**Your instructions:**
Please set down the records below exactly as they appear.

**Source data:**
# # # #
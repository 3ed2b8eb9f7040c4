//! The words of the command line.

ghost use Rattle.std.specs.Prelude.{◌≡◌, ℕ, List, Option, IfOk, IfSome, IsNone, IsUtf8, map, slice_get, string_bytes};
ghost use Rattle.std.specs.Io.{WritesAtMost};
ghost use Rattle.std.specs.Option.{option_map};
ghost use Rattle.outside_io.specs.Words.{AreGiven, FillsWord};

use ffm_model::Memory;
use std::alloc::Global;
use std::env::{Env, FillError};

// A word is asked for with this much room, and with twice as much as long as it is too long.
const WORD_BYTES: usize = 256;

const DOUBLINGS: u32 = 55;

/// The words that a program was given, with its own name first.
pub trait Words {
    /// The bytes of each word, in order, where they are told.
    ghost told: { Self → Option (List (List ℕ)) };

    /// Copies the word with this number, counted from 0, to the start of the room, and answers its
    /// length.
    ///
    /// # Errors
    ///
    /// `NotPresent` where there are no more words than that number, and `TooLong` where the word
    /// doesn't fit in the room.
    fn word(&self, number: usize, room: &mut [u8]) -> Result<usize, FillError>
        ensures bound { WritesAtMost result room.new }
        ensures fills { IfSome (told self.now) (λ words.
            FillsWord (slice_get words number) result room.new) };
}

/// The words that the operating system gives a process. It doesn't tell them.
#[derive(Drop)]
pub struct HostWords<'a, R> {
    rt: &'a R,
}

impl<'a, R: Env> HostWords<'a, R> {
    /// The process's words. It keeps the runtime value.
    pub fn new(rt: &'a R) -> Self {
        HostWords { rt }
    }
}

impl<R: Env> Words for HostWords<'_, R> {
    ghost use Rattle.std.specs.Prelude.{None};

    ghost told = { λ _. None };

    fn word(&self, number: usize, room: &mut [u8]) -> Result<usize, FillError> {
        self.rt.arg(number, room)
    }
}

// The word with this number, if there are so many. The only error is want of memory.
fn word_at<W: Words>(alloc: Global, words: &W, number: usize) -> Result<Option<Vec<u8>>, Memory>
    ensures { IfSome (W.told words.now) (λ words. IfOk result (λ word.
        option_map (λ w. w.items) word ≡ slice_get words number)) }
{
    let mut size = WORD_BYTES;
    for _ in 0..DOUBLINGS {
        let mut room = vec![in alloc; 0; size]?;
        match words.word(number, &mut room) {
            Ok(length) => {
                room.truncate(length);
                return Ok(Some(room));
            }
            Err(FillError::NotPresent) => return Ok(None),
            Err(FillError::TooLong) => size = size.saturating_mul(2),
        }
    }
    Err(Memory)
}

// The text that the bytes spell, if they are UTF-8.
fn text_of(bytes: Vec<u8>) -> Option<String>
    ensures text { IfSome result (λ text. string_bytes text ≡ bytes.items) }
    ensures none { IsNone result → IsUtf8 bytes.items → ⊥ }
{
    match String::from_utf8(bytes) {
        Ok(text) => Some(text),
        Err(_) => None,
    }
}

/// The words that a program was given, with its own name first.
///
/// Words of which one isn't UTF-8 are told as none, since no command has such a word. The only error
/// is want of memory.
pub fn given_words<W: Words>(alloc: Global, words: &W) -> Result<Vec<String>, Memory>
    ensures { IfSome (W.told words.now) (λ told. IfOk result (λ given.
        AreGiven told (map string_bytes given.items))) }
{
    let mut given = Vec::new(alloc);
    for number in 0..usize::MAX {
        let Some(bytes) = word_at(alloc, words, number)? else {
            return Ok(given);
        };
        let Some(word) = text_of(bytes) else {
            given.clear();
            return Ok(given);
        };
        given.push(word)?;
    }
    Err(Memory)
}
# # # #
**Response to the task:**
repository 3ed2b8eb9f7040c4
//! The words of the command line.

ghost use Rattle.std.specs.Prelude.{◌≡◌, ℕ, List, Option, IfOk, IfSome, IsNone, IsUtf8, map, slice_get, string_bytes};
ghost use Rattle.std.specs.Io.{WritesAtMost};
ghost use Rattle.std.specs.Option.{option_map};
ghost use Rattle.outside_io.specs.Words.{AreGiven, FillsWord};

use ffm_model::Memory;
use std::alloc::Global;
use std::env::{Env, FillError};

// A word is asked for with this much room, and with twice as much as long as it is too long.
const WORD_BYTES: usize = 256;

const DOUBLINGS: u32 = 55;

/// The words that a program was given, with its own name first.
pub trait Words {
    /// The bytes of each word, in order, where they are told.
    ghost told: { Self → Option (List (List ℕ)) };

    /// Copies the word with this number, counted from 0, to the start of the room, and answers its
    /// length.
    ///
    /// # Errors
    ///
    /// `NotPresent` where there are no more words than that number, and `TooLong` where the word
    /// doesn't fit in the room.
    fn word(&self, number: usize, room: &mut [u8]) -> Result<usize, FillError>
        ensures bound { WritesAtMost result room.new }
        ensures fills { IfSome (told self.now) (λ words.
            FillsWord (slice_get words number) result room.new) };
}

/// The words that the operating system gives a process. It doesn't tell them.
#[derive(Drop)]
pub struct HostWords<'a, R> {
    rt: &'a R,
}

impl<'a, R: Env> HostWords<'a, R> {
    /// The process's words. It keeps the runtime value.
    pub fn new(rt: &'a R) -> Self {
        HostWords { rt }
    }
}

impl<R: Env> Words for HostWords<'_, R> {
    ghost use Rattle.std.specs.Prelude.{None};

    ghost told = { λ _. None };

    fn word(&self, number: usize, room: &mut [u8]) -> Result<usize, FillError> {
        self.rt.arg(number, room)
    }
}

// The word with this number, if there are so many. The only error is want of memory.
fn word_at<W: Words>(alloc: Global, words: &W, number: usize) -> Result<Option<Vec<u8>>, Memory>
    ensures { IfSome (W.told words.now) (λ words. IfOk result (λ word.
        option_map (λ w. w.items) word ≡ slice_get words number)) }
{
    let mut size = WORD_BYTES;
    for _ in 0..DOUBLINGS {
        let mut room = vec![in alloc; 0; size]?;
        match words.word(number, &mut room) {
            Ok(length) => {
                room.truncate(length);
                return Ok(Some(room));
            }
            Err(FillError::NotPresent) => return Ok(None),
            Err(FillError::TooLong) => size = size.saturating_mul(2),
        }
    }
    Err(Memory)
}

// The text that the bytes spell, if they are UTF-8.
fn text_of(bytes: Vec<u8>) -> Option<String>
    ensures text { IfSome result (λ text. string_bytes text ≡ bytes.items) }
    ensures none { IsNone result → IsUtf8 bytes.items → ⊥ }
{
    match String::from_utf8(bytes) {
        Ok(text) => Some(text),
        Err(_) => None,
    }
}

/// The words that a program was given, with its own name first.
///
/// Words of which one isn't UTF-8 are told as none, since no command has such a word. The only error
/// is want of memory.
pub fn given_words<W: Words>(alloc: Global, words: &W) -> Result<Vec<String>, Memory>
    ensures { IfSome (W.told words.now) (λ told. IfOk result (λ given.
        AreGiven told (map string_bytes given.items))) }
{
    let mut given = Vec::new(alloc);
    for number in 0..usize::MAX {
        let Some(bytes) = word_at(alloc, words, number)? else {
            return Ok(given);
        };
        let Some(word) = text_of(bytes) else {
            given.clear();
            return Ok(given);
        };
        given.push(word)?;
    }
    Err(Memory)
}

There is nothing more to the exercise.